Льюис обернулся посмотреть. Они стояли на берегу темной реки, которая текла через пещеру. На другом берегу виднелся вход в очередной темный туннель. Перед ними была привязана странного вида лодочка, украшенная изящным, хотя и страшноватым резным узором из черепов и скрещенных костей и выкрашенная черным с золотом.
— Ой, — вздохнул Льюис. — Ага, ну да. А где же Харон?
— Какой такой Харон? — спросила Персефона.
— Паромщик, — пояснил Льюис, жестом изобразив, как отталкиваются шестом.
— А–а–а. Никто мне ничего про паромщиков не говорил, наверно, это вы сами должны нас перевезти, — ответила девушка.
— Точно! Да! Тогда садимся, — сказал Льюис, обнаруживший, что красные вспышки становятся несколько слабее, однако теперь его отчего–то прбирает смех. — Вот моя рука, мадам! Йо–хо–хо и подымем якорь!
— Эй, там, вы часом не чокнутый? — прищурилась девушка сквозь вуаль.
— В полнейшем здравии, прекрасная Персефона! — Льюис прыгнул в лодку и схватился за шест. Он оттолкнулся от дна так сильно, что…
— Господи милосердный, мистер, вы чего?! Вы же…
Лодка вылетела на берег, и Льюис с оглушительным плеском рухнул навзничь в темную воду. Он, истерически хохоча, вынырнул и по–собачьи поплыл к лодке, парик жутковато покачивался на воде.
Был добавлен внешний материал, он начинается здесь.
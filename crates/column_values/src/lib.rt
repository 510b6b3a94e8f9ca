//! What the values of each type of column are, the missing value, and the values that the program
//! makes up.
//!
//! Promises: `is_value_of` and `fits_column` say exactly, and without memory, whether bytes are a
//! value of a type, and whether they fit a column of which values may be missing; what
//! `add_made_up` writes for a number is a value of the type, and for other numbers it writes other
//! values.
#![tactic(auto)]

mod calendar;
mod decimals;
mod digits;
pub mod laws;
mod making;
mod uuids;
mod values;

pub use making::{MADE_UP_VALUES, add_made_up};
pub use values::{fits_column, is_value_of};
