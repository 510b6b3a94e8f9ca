//! The values that are made up.

ghost use Rattle.std.specs.Prelude.{◌≡◌, ◌++◌, OnOk};
ghost use Rattle.std.specs.Fmt.{decimal};
ghost use Rattle.column_values.specs.Decimals.{point_and_digits};
ghost use Rattle.column_values.specs.MadeUp.{made_up, made_up_date, made_up_uuid};

use crate::digits::add_in_digits;
use dep_model::OutOfMemory;
use itoa::Buffer;
use schema_model::ColumnType;

/// How many different values there are of each type at least, one for each number from 0 on.
pub const MADE_UP_VALUES: u32 = 1_000_000;

/// Adds the value of a type that stands for a number at the end.
pub fn add_made_up(bytes: &mut Vec<u8>, column: &ColumnType, number: u32) -> Result<(), OutOfMemory>
    ensures added { OnOk result (bytes.new.items ≡ bytes.old.items ++ made_up column.now number) }
{
    match column {
        ColumnType::Date => add_date(bytes, number),
        ColumnType::Timestamp => {
            add_date(bytes, number)?;
            bytes.extend_from_slice(b" 00:00:00")?;
            Ok(())
        }
        ColumnType::Decimal(scale) => {
            add_decimal(bytes, number)?;
            add_point_and_zeros(bytes, *scale)
        }
        ColumnType::Uuid => add_uuid(bytes, number),
        ColumnType::Text | ColumnType::Integer | ColumnType::Other(_) => add_decimal(bytes, number),
    }
}

// Adds a number in decimal at the end.
fn add_decimal(bytes: &mut Vec<u8>, number: u32) -> Result<(), OutOfMemory>
    ensures added { OnOk result (bytes.new.items ≡ bytes.old.items ++ decimal number) }
{
    bytes.extend_from_slice(Buffer::new().format(number).as_bytes())?;
    Ok(())
}

// Adds the day of a number at the end.
fn add_date(bytes: &mut Vec<u8>, number: u32) -> Result<(), OutOfMemory>
    ensures added { OnOk result (bytes.new.items ≡ bytes.old.items ++ made_up_date number) }
{
    add_in_digits(bytes, 4, 1000 + number / 336)?;
    bytes.push(b'-')?;
    add_in_digits(bytes, 2, 1 + number / 28 % 12)?;
    bytes.push(b'-')?;
    add_in_digits(bytes, 2, 1 + number % 28)
}

// Adds a point and so many zeros at the end, and nothing where there are none.
fn add_point_and_zeros(bytes: &mut Vec<u8>, scale: u8) -> Result<(), OutOfMemory>
    ensures added { OnOk result (bytes.new.items ≡ bytes.old.items ++ point_and_digits scale 0) }
{
    if scale == 0 {
        return Ok(());
    }
    bytes.push(b'.')?;
    add_in_digits(bytes, scale, 0)
}

// Adds the identifier of a number at the end.
fn add_uuid(bytes: &mut Vec<u8>, number: u32) -> Result<(), OutOfMemory>
    ensures added { OnOk result (bytes.new.items ≡ bytes.old.items ++ made_up_uuid number) }
{
    bytes.extend_from_slice(b"00000000-0000-0000-0000-")?;
    add_in_digits(bytes, 12, number)?;
    Ok(())
}
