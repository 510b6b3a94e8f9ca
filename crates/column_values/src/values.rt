ghost use Rattle.std.specs.Prelude.{◌↔◌, IsTrue};
ghost use Rattle.column_values.specs.Values.{IsValueOf, FitsColumn};

use crate::calendar::{is_date_text, is_timestamp_text};
use crate::decimals::is_decimal_text;
use crate::uuids::is_uuid_text;
use schema_model::{ColumnType, is_integer_text};

/// Whether bytes are a value of a type.
pub fn is_value_of(column: &ColumnType, bytes: &[u8]) -> bool
    ensures value { IsTrue result ↔ IsValueOf column.now bytes.now }
{
    match column {
        ColumnType::Text => true,
        ColumnType::Integer => is_integer_text(bytes),
        ColumnType::Date => is_date_text(bytes),
        ColumnType::Timestamp => is_timestamp_text(bytes),
        ColumnType::Decimal(scale) => is_decimal_text(*scale, bytes),
        ColumnType::Uuid => is_uuid_text(bytes),
        ColumnType::Other(_) => true,
    }
}

/// Whether bytes fit a column: they are a value of its type, or where a value may be missing, none.
pub fn fits_column(column: &ColumnType, nullable: bool, bytes: &[u8]) -> bool
    ensures fits { IsTrue result ↔ FitsColumn column.now nullable bytes.now }
{
    (nullable && bytes.is_empty()) || is_value_of(column, bytes)
}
— Клянусь Аполлоном, я же едва не потонул в Стиксе! Ну, такое со мной впервые, только не зови меня мистером, знаешь ли, по–научному я называюсь просто мист…
Персефона воткнула факел в расщелину скалы, схватила его за ворот и выволокла на берег.
— Ты что, напился?! — свирепо спросила она.
— Вообще–то нет, это все горячий шоколад, он странно действует на нервную систему у нас, ки… у нас, Оуэнсов, — ответил Льюис, стуча зубами: вода была ледяная.
— У–у–у, конец твоим туфлям, и — ну–ка давай сюда этот треклятый шест, надо выудить твой парик. У, к чертям собачьим, надоела мне эта вуаль! — сказала Персефона и сорвала ее.
Льюис затаил дыхание.
Девушка была очень юная, бледная в свете факела, но с румянцем на щеках. Рыжие волосы, глаза не голубые и не зеленые, как обычно у рыжих, а черные, будто река, из которой она его вытащила. Сердце у Льюиса — вовсе не тот механизм, который перекачивал кровь киборга, — болезненно сжалось.
— Мендоса? — прошептал он.
— Че–го?! Что ты еще надумал? — скривилась она. — Неужто блевать нацелился? Видок у тебя такой, будто примерещилось чего!
— Я… ты… ты похожа на одну мою знакомую, — выдавил Льюис. — Я должен извиниться…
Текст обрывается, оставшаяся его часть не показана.